**Exercise inputs**:
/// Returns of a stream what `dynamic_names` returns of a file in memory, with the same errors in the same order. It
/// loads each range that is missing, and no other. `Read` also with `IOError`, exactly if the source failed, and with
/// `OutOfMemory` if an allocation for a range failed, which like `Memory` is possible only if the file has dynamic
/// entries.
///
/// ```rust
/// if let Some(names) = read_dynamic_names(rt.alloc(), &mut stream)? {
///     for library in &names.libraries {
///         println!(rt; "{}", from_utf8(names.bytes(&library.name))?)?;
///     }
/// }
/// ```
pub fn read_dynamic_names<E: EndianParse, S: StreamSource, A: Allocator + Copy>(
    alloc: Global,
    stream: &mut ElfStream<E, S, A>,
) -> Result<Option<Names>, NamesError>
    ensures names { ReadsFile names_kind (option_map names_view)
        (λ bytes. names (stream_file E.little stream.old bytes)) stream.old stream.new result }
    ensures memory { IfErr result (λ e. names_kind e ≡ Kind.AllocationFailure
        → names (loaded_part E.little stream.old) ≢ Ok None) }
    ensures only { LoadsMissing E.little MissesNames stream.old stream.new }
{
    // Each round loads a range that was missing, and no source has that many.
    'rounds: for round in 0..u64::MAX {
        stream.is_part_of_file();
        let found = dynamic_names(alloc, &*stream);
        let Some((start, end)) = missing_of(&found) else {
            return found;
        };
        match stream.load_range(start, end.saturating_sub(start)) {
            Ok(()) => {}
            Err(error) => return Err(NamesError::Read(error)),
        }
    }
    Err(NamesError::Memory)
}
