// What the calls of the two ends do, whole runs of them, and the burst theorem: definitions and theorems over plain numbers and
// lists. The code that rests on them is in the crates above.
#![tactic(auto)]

--

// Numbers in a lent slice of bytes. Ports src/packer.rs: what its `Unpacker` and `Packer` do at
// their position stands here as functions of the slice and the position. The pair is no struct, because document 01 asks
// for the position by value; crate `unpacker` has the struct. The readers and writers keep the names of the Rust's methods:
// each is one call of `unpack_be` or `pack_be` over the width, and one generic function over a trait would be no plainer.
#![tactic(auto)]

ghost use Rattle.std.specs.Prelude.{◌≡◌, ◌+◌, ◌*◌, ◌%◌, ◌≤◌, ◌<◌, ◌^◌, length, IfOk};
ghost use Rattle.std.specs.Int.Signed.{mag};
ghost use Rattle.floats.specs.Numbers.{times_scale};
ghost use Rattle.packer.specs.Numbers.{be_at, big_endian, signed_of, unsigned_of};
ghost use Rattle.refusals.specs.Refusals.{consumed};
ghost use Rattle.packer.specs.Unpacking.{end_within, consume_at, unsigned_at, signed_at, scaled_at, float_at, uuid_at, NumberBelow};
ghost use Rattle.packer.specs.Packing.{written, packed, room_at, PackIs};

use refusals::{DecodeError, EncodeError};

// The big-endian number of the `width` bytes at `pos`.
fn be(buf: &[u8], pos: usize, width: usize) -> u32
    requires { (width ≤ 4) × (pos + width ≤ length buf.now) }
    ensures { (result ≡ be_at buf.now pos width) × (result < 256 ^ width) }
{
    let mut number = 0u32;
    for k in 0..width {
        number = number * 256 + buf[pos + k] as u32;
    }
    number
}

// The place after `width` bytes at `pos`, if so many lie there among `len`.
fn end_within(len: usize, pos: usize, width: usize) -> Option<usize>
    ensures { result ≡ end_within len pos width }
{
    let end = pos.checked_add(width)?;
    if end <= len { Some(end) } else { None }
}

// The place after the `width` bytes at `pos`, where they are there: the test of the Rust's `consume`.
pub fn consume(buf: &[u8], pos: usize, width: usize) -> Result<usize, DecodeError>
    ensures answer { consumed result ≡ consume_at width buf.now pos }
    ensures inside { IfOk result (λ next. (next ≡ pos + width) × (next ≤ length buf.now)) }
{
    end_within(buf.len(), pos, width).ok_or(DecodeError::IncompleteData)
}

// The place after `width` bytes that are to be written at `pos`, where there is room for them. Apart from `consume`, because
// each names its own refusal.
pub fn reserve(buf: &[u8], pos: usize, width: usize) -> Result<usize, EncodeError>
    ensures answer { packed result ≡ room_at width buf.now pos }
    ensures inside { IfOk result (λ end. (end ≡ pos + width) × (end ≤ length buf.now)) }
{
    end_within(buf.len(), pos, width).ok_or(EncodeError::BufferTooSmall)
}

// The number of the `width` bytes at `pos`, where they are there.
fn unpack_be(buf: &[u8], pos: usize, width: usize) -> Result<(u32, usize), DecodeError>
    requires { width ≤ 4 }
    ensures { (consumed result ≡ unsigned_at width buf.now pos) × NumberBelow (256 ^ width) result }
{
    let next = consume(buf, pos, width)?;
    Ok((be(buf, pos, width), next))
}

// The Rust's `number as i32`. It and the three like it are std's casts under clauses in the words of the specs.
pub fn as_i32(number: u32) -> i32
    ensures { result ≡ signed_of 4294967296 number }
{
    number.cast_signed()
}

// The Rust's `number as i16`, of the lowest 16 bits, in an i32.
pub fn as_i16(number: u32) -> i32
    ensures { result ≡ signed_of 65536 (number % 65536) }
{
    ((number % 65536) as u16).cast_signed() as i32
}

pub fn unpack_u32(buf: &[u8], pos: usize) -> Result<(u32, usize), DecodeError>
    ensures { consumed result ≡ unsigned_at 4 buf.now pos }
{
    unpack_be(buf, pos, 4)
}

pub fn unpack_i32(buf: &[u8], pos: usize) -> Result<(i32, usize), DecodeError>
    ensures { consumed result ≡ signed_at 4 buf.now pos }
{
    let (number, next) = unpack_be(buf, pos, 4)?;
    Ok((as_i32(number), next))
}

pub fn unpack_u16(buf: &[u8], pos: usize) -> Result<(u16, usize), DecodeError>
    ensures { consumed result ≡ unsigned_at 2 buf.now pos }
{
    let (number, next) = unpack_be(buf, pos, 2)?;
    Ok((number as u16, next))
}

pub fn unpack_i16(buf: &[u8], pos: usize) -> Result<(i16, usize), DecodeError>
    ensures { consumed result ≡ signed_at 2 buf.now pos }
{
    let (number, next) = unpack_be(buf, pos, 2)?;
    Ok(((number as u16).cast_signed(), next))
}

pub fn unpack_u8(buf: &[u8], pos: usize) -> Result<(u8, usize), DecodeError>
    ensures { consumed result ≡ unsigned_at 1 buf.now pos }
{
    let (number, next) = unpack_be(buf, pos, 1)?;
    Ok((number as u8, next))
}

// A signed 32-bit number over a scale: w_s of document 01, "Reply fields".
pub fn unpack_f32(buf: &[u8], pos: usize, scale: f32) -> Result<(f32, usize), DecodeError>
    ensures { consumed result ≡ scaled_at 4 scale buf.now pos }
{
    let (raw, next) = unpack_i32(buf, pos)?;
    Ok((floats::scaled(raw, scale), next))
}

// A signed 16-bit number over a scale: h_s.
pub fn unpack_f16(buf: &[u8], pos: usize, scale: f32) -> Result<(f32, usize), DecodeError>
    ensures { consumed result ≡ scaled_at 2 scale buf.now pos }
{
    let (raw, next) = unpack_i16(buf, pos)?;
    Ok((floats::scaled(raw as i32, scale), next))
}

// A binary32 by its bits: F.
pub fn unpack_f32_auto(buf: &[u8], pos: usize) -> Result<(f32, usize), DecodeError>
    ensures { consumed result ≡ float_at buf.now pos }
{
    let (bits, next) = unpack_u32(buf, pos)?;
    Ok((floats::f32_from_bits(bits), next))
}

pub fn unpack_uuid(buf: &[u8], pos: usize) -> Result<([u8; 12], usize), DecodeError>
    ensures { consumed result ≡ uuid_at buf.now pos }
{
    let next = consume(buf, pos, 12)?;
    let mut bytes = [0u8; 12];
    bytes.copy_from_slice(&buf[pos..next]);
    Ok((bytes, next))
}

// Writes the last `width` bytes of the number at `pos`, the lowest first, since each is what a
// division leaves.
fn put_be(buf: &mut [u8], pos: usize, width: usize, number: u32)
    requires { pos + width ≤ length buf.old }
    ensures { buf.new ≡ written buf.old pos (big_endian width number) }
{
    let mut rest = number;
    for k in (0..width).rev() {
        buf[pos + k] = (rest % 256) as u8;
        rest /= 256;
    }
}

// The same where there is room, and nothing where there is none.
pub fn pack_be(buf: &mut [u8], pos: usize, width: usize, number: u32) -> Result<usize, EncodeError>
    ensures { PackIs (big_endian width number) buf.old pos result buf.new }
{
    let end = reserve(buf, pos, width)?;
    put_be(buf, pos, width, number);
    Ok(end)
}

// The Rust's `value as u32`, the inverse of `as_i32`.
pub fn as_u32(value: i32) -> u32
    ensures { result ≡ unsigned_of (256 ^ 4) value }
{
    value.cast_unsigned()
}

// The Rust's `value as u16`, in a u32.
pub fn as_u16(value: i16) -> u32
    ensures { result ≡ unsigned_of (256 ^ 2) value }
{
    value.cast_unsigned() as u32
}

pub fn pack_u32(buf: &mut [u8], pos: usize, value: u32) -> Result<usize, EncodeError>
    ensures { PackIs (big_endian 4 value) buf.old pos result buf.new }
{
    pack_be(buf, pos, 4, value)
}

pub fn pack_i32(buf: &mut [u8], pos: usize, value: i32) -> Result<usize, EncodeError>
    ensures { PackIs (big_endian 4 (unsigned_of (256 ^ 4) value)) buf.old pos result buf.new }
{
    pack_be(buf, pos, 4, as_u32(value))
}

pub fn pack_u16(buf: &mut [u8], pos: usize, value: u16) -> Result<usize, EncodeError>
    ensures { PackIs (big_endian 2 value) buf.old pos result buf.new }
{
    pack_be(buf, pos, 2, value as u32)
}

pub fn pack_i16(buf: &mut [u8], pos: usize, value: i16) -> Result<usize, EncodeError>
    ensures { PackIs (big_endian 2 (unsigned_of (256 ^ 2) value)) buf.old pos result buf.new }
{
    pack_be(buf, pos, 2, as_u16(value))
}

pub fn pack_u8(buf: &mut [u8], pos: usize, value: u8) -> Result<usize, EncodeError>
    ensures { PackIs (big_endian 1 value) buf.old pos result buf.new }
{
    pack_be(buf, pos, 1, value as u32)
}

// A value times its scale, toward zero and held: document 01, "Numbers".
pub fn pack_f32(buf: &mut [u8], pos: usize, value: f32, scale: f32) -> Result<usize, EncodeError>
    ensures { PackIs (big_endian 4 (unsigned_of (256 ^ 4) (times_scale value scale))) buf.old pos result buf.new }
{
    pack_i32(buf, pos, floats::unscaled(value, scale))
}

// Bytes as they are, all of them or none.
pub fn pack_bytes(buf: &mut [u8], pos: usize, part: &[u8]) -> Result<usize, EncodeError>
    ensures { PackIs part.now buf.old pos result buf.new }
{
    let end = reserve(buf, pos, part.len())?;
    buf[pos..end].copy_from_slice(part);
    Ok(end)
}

**What to produce**: Reproduce, exactly as they stand in the data above, the lines from the one that holds "let mut rest = number;" to the one that holds "pub fn pack_be(buf: &mut", inclusive.

**Solved problem**:
    let mut rest = number;
    for k in (0..width).rev() {
        buf[pos + k] = (rest % 256) as u8;
        rest /= 256;
    }
}

// The same where there is room, and nothing where there is none.
pub fn pack_be(buf: &mut [u8], pos: usize, width: usize, number: u32) -> Result<usize, EncodeError>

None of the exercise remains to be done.